According to the Times article, the big investment firms have been and may still be in denial. They aren’t longtime owners of specific dollars the way a homeowner can be the longtime owner of a property; their money gets shifted around constantly. So they are looking at real losses. Except that the values they have assigned to their now tumbling assets have always been arbitrary. And right now, retaining the old pricing is a form of denial. They simply haven’t been willing to admit that they need to discount until the stated price of their holdings reaches the current market value. Because they’re talking in billions of dollars, we ordinary mortals find it hard to grasp that the percentage is the issue here, not the dollar figure. But the house near my relatives tells the true story.

Who knew that these big companies could get as silly and stubborn as we individual homeowners? It’s a lesson in scale. Also in pricing.

Monday, September 8, 2008

Financial Instability Sucks

Recently someone chastised me for talking negatively about my financial situation. The person cited how good it is compared to that of other people. That got me to thinking about why I was carrying on so.

These are scary times for our economy. People keep losing good jobs, and never finding good ones again. Whole categories of work have gone from our shores forever. Age discrimination is real, and so is degree creep, both of which are helping to keep me and many other people out of employment. Not to mention other forms of bias. I have hit the wall on serious employment, like many people whose employers have been merged, shut down, and downsized (I’ve experienced all three). My employment resume is too old and too cold for a regular job. And my freelance work is too odd and unusual (romances? personal finance? comic books?) to be attractive to a conventional employer. Plus I live way out in the boondocks where there aren’t many good jobs anyway. In fact, I feel pretty darn sorry for myself. Sure, I can change where I live, and I can go back to school again, but these efforts are expensive and they might not be enough in today’s tough employment scene. I’ve been a freelancer for many years, but so far have never made big bucks at it. The fact that I make any money at all as a freelance writer puts me miles ahead of many other writers I know, but that is cold comfort when I’m feeling worried.

Still, ten years ago, my life really sucked. Bad things were happening, and I owed enormous amounts of money. It was a terrible time. But why am I so down in the mouth right now? All of those ills are over. Our income is higher. I only owe one credit card the price of paving the driveway, and that can be paid off at any time because we have savings. Everybody is healthy and happy. What’s the problem? Is having that one credit card bill enough to send me into a funk? Is that how fragile I feel?

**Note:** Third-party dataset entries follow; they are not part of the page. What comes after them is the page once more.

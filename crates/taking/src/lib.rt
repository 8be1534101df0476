// What a field and a step record come to, in the run and in the host's call: definitions and laws alone.
#![tactic(auto)]
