//! Series as those who count hold them: each with its pass, so that a call names no pass.

ghost use Rattle.std.specs.Prelude.{◌≡◌, Some, option_map};
ghost use Rattle.std.specs.Arc.{arc_value};
ghost use Rattle.dsd_forwarder.specs.Held.{Counts, Changes, Records};

use dsd_exporter::Lent;
use flushed_cells::{CounterPass, DsdCounter, DsdGauge, GaugePass};
use metrics_core::{Fixed, IntoFixed};
use metrics_facade::{OutOfRange, RecordFault};
use sample_queue::{DsdHistogram, SamplePass};
use std::alloc::Global;
use std::marker::Model;
use std::sync::{Arc, Wait};

/// A counter that was lent, with its pass. A contract sees it as its cell and what the pass knows.
#[derive(Drop)]
pub struct HeldCounter {
    cell: Arc<DsdCounter>,
    pass: CounterPass,
    ghost own: { IsCounterPass (arc_value cell) pass } by { one_counter_pass (arc_value cell) pass },
}

ghost use Rattle.flushed_cells.specs.Cells.{IsCounterPass, IsGaugePass, one_counter_pass, one_gauge_pass};
ghost use Rattle.sample_queue.specs.Passes.{IsSamplePass};
ghost use Rattle.sample_queue.specs.OneFact.{one_sample_pass};

impl Model for HeldCounter {
    ghost use Rattle.std.specs.Arc.{arc_value};
    ghost use Rattle.flushed_cells.specs.Passes.{view_of};
    ghost use Rattle.dsd_forwarder.specs.Held.{CounterLease};

    ghost Value = { CounterLease };

    ghost view = { λ held. record { cell = arc_value held.cell; knows = view_of held.pass } };
}

impl HeldCounter {
    ghost use Rattle.flushed_cells.specs.Passes.{view_of};
    ghost use Rattle.flushed_cells.specs.declared.counter_calls.CounterCall.TheVariants.{Increment, Absolute};

    /// Holds what an exporter lent of a counter.
    pub fn new(lent: Lent<Arc<DsdCounter>, CounterPass>) -> HeldCounter
        requires { IsCounterPass (arc_value lent.handle) lent.pass }
        ensures { result ≡ record { cell = arc_value lent.handle; knows = view_of lent.pass } }
    {
        let Lent {
            handle: cell,
            pass,
            id: _,
        } = lent;
        HeldCounter { cell, pass }
    }

    /// Adds to the counter, modulo 2^64.
    pub fn increment<R: Wait>(&mut self, rt: &R, value: u64)
        ensures { Counts (Increment value) self.old self.new }
    {
        self.cell.increment(rt, &mut self.pass, value);
    }

    /// Counts to this value: by how much it is greater than the last absolute value is added. After an increment, and at
    /// first, the value begins a new count.
    pub fn absolute<R: Wait>(&mut self, rt: &R, value: u64)
        ensures { Counts (Absolute value) self.old self.new }
    {
        self.cell.absolute(rt, &mut self.pass, value);
    }
}

/// A gauge that was lent, with its pass. A contract sees it as its cell and what the pass knows.
#[derive(Drop)]
pub struct HeldGauge {
    cell: Arc<DsdGauge>,
    pass: GaugePass,
    ghost own: { IsGaugePass (arc_value cell) pass } by { one_gauge_pass (arc_value cell) pass },
}

impl Model for HeldGauge {
    ghost use Rattle.std.specs.Arc.{arc_value};
    ghost use Rattle.flushed_cells.specs.Passes.{view_of};
    ghost use Rattle.dsd_forwarder.specs.Held.{GaugeLease};

    ghost Value = { GaugeLease };

    ghost view = { λ held. record { cell = arc_value held.cell; knows = view_of held.pass } };
}

impl HeldGauge {
    ghost use Rattle.flushed_cells.specs.Passes.{view_of};
    ghost use Rattle.metrics_core.specs.declared.gauge_values.GaugeValue.TheVariants.{Absolute, Increment, Decrement};

    /// Holds what an exporter lent of a gauge.
    pub fn new(lent: Lent<Arc<DsdGauge>, GaugePass>) -> HeldGauge
        requires { IsGaugePass (arc_value lent.handle) lent.pass }
        ensures { result ≡ record { cell = arc_value lent.handle; knows = view_of lent.pass } }
    {
        let Lent {
            handle: cell,
            pass,
            id: _,
        } = lent;
        HeldGauge { cell, pass }
    }

    /// Adds to the gauge, modulo 2^64 billionths. A value out of range is refused, and changes nothing.
    pub fn increment<T: IntoFixed, R: Wait>(&mut self, rt: &R, value: T) -> Result<(), OutOfRange>
        ensures { Changes (option_map Increment (T.fixed value)) self.old self.new result }
    {
        let value = value.into_fixed().ok_or(OutOfRange)?;
        self.cell.increment(rt, &mut self.pass, value);
        Ok(())
    }

    /// Takes off the gauge, modulo 2^64 billionths. A value out of range is refused, and changes nothing.
    pub fn decrement<T: IntoFixed, R: Wait>(&mut self, rt: &R, value: T) -> Result<(), OutOfRange>
        ensures { Changes (option_map Decrement (T.fixed value)) self.old self.new result }
    {
        let value = value.into_fixed().ok_or(OutOfRange)?;
        self.cell.decrement(rt, &mut self.pass, value);
        Ok(())
    }

    /// Sets the gauge. A value out of range is refused, and changes nothing.
    pub fn set<T: IntoFixed, R: Wait>(&mut self, rt: &R, value: T) -> Result<(), OutOfRange>
        ensures { Changes (option_map Absolute (T.fixed value)) self.old self.new result }
    {
        let value = value.into_fixed().ok_or(OutOfRange)?;
        self.cell.set(rt, &mut self.pass, value);
        Ok(())
    }
}

/// A histogram that was lent, with its pass. A contract sees it as its queue and what the pass knows.
#[derive(Drop)]
pub struct HeldHistogram {
    cell: Arc<DsdHistogram>,
    pass: SamplePass<Fixed>,
    ghost own: { IsSamplePass (arc_value cell) pass } by { one_sample_pass (arc_value cell) pass },
}

impl Model for HeldHistogram {
    ghost use Rattle.std.specs.Arc.{arc_value};
    ghost use Rattle.sample_queue.specs.Passes.{view_of};
    ghost use Rattle.dsd_forwarder.specs.Held.{HistogramLease};

    ghost Value = { HistogramLease };

    ghost view = { λ held. record { cell = arc_value held.cell; knows = view_of held.pass } };
}

impl HeldHistogram {
    ghost use Rattle.sample_queue.specs.Passes.{view_of};

    /// Holds what an exporter lent of a histogram.
    pub fn new(lent: Lent<Arc<DsdHistogram>, SamplePass<Fixed>>) -> HeldHistogram
        requires { IsSamplePass (arc_value lent.handle) lent.pass }
        ensures { result ≡ record { cell = arc_value lent.handle; knows = view_of lent.pass } }
    {
        let Lent {
            handle: cell,
            pass,
            id: _,
        } = lent;
        HeldHistogram { cell, pass }
    }

    /// Records a value. A call that is refused, for a value out of range or for want of memory, records nothing.
    pub fn record<T: IntoFixed, R: Wait>(
        &mut self,
        rt: &R,
        alloc: Global,
        value: T,
    ) -> Result<(), RecordFault>
        ensures { Records (T.fixed value) self.old self.new result }
    {
        let value = value.into_fixed().ok_or(RecordFault::OutOfRange)?;
        self.cell.push(rt, alloc, &mut self.pass, value, 1)?;
        Ok(())
    }
}
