//! What a builder makes: a recorder and a forwarder of one state, or the recorder of a whole program and its forwarder.

ghost use Rattle.std.specs.Prelude.{◌≡◌, ◌≤◌, IfOk};
ghost use Rattle.std.specs.Arc.{arc_value};
ghost use Rattle.dsd_exporter.specs.Exporter.{settings_of};
ghost use Rattle.dsd_forwarder.specs.Building.{IsMadeWith};

use crate::configuration::ForwarderConfiguration;
use crate::forwarder::Forwarder;
use crate::held_pass::HeldPass;
use crate::recorder::DogStatsDRecorder;
use dsd_addresses::{BuildError, limit_fault};
use dsd_exporter::{DogStatsDBuilder, StateConfiguration};
use hash_starts::HashStart;
use metrics_core::Memory;
use metrics_facade::{Note, RecorderOnceCell};
use shared_flushes::SharedState;
use std::alloc::Global;
use std::sync::Arc;

/// What makes a recorder and a forwarder of one new state.
pub trait BuildForwarder {
    ghost use Rattle.std.specs.Prelude.{◌≡◌, ◌⊎◌, None, Some, IfOk, IfErr, OnOk, OnErr};
    ghost use Rattle.std.specs.Arc.{arc_value};
    ghost use Rattle.once_cell.specs.Once.{Agrees};
    ghost use Rattle.dsd_addresses.specs.declared.faults.BuildError.TheVariants as causes;
    ghost use Rattle.dsd_exporter.specs.Builders.{BuilderText};
    ghost use Rattle.dsd_forwarder.specs.Building.{IsBuilt, limit_fault_in, refusal_for};
    ghost use Rattle.dsd_forwarder.specs.declared.recorder.DogStatsDRecorder.{DogStatsDRecorder as RecorderOf};

    /// What they are made with.
    ghost settings: { Self → BuilderText };

    /// A recorder and a forwarder of one state. A payload limit that `limit_fault` refuses for the address is refused.
    fn build(self, alloc: Global) -> Result<(DogStatsDRecorder, Forwarder), BuildError>
        ensures built { IfOk result (λ made. IsBuilt (settings self) made.1) }
        ensures one { IfOk result (λ made. arc_value made.0.state ≡ made.1.state) }
        ensures limit { OnOk result (limit_fault_in (settings self) ≡ None) }
        ensures refused { IfErr result (λ fault.
            fault ≡ refusal_for (limit_fault_in (settings self))) };

    /// The forwarder, with the recorder set as that of the whole program. Where one was set before it is refused with
    /// `FailedToInstall`, and the note then knows that one.
    fn install(
        self,
        alloc: Global,
        cell: &RecorderOnceCell<DogStatsDRecorder>,
        note: &mut Note<DogStatsDRecorder>,
    ) -> Result<Forwarder, BuildError>
        requires { note.old.cell ≡ cell.now }
        ensures cell { note.new.cell ≡ note.old.cell }
        ensures built { IfOk result (IsBuilt (settings self)) }
        ensures limit { OnOk result (limit_fault_in (settings self) ≡ None) }
        ensures installed { IfOk result (λ forwarder. (note.old.known ≡ None)
            × ((there : RecorderOf) × (note.new.known ≡ Some there)
            × (arc_value there.state ≡ forwarder.state))) }
        ensures refused { IfErr result (λ fault.
            ((fault ≡ refusal_for (limit_fault_in (settings self))) × (note.new.known ≡ note.old.known))
            ⊎ ((fault ≡ causes.FailedToInstall) × (limit_fault_in (settings self) ≡ None)
            × ((there : RecorderOf) × (note.new.known ≡ Some there) × Agrees note.old.known there))) };
}

/// A recorder and a forwarder of one new state, which the forwarder has the root pass of.
fn build_both(
    alloc: Global,
    start: HashStart,
    configuration: ForwarderConfiguration,
    state_configuration: StateConfiguration,
) -> Result<(DogStatsDRecorder, Forwarder), Memory>
    requires least { 6 ≤ configuration.max_payload_len }
    requires most { configuration.max_payload_len ≤ 4294967295 }
    ensures made { IfOk result (λ made.
        IsMadeWith configuration (settings_of state_configuration) made.1) }
    ensures one { IfOk result (λ made. arc_value made.0.state ≡ made.1.state) }
{
    let counts_own = state_configuration.telemetry;
    let (state, mut pass) = SharedState::new(alloc, start, state_configuration)?;
    let state = Arc::new(alloc, state)?;
    let lent = state.split(&mut pass);
    let recorder = DogStatsDRecorder::of(HeldPass {
        state: Arc::try_clone(&state)?,
        pass: lent,
    })?;
    let own = HeldPass { state, pass };
    let forwarder = Forwarder::new(alloc, configuration, counts_own, own)?;
    Ok((recorder, forwarder))
}

impl BuildForwarder for DogStatsDBuilder {
    ghost settings = { λ builder. builder };

    fn build(self, alloc: Global) -> Result<(DogStatsDRecorder, Forwarder), BuildError> {
        let parts = self.into_parts();
        if let Some(reason) = limit_fault(parts.max_payload_len, &parts.remote_addr) {
            return Err(BuildError::InvalidConfiguration { reason });
        }
        let configuration = ForwarderConfiguration {
            remote_addr: parts.remote_addr,
            max_payload_len: parts.max_payload_len,
            flush_interval: parts.flush_interval,
            write_timeout: parts.write_timeout,
            global_labels: parts.global_labels,
        };
        match build_both(alloc, parts.hash_start, configuration, parts.configuration) {
            Ok(both) => Ok(both),
            Err(Memory) => Err(BuildError::Memory),
        }
    }

    fn install(
        self,
        alloc: Global,
        cell: &RecorderOnceCell<DogStatsDRecorder>,
        note: &mut Note<DogStatsDRecorder>,
    ) -> Result<Forwarder, BuildError> {
        let (recorder, forwarder) = self.build(alloc)?;
        let Ok(recorder) = Box::new(alloc, recorder) else {
            return Err(BuildError::Memory);
        };
        match cell.set(note, recorder) {
            Ok(()) => Ok(forwarder),
            Err(_refused) => Err(BuildError::FailedToInstall),
        }
    }
}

And why do I feel fragile? Because I feel helpless.

Aha.

If these were good times for employment, I could solve a real money problem or even an imaginary one by getting an additional job. But they aren’t good times, and with gas prices so high, the cost of the easily-come-by bad job in a discount store is too close to the net pay. So it won’t solve my problem whether my financial issue is real or imaginary. The next few years may prove that all my fears are for naught, but I don’t know that now, do I? And it makes me fretful and even whiny. And that’s how I feel based only on worrying. Imagine how bad people feel who have something concrete to worry about, such as high credit card bills, college loans, impossible mortgage payments, declining health, and more. No wonder these are negative times in our country. People are stressed and the result is a “the glass is half-empty” attitude. When actually, my glass is half-full, and probably yours is, too.

I don’t know the answer to turning my attitude around, but counting my blessings is certainly a start. If you’re feeling down and out, maybe you should do the same. Because the truth is, things could be worse. We might as well try to enjoy today.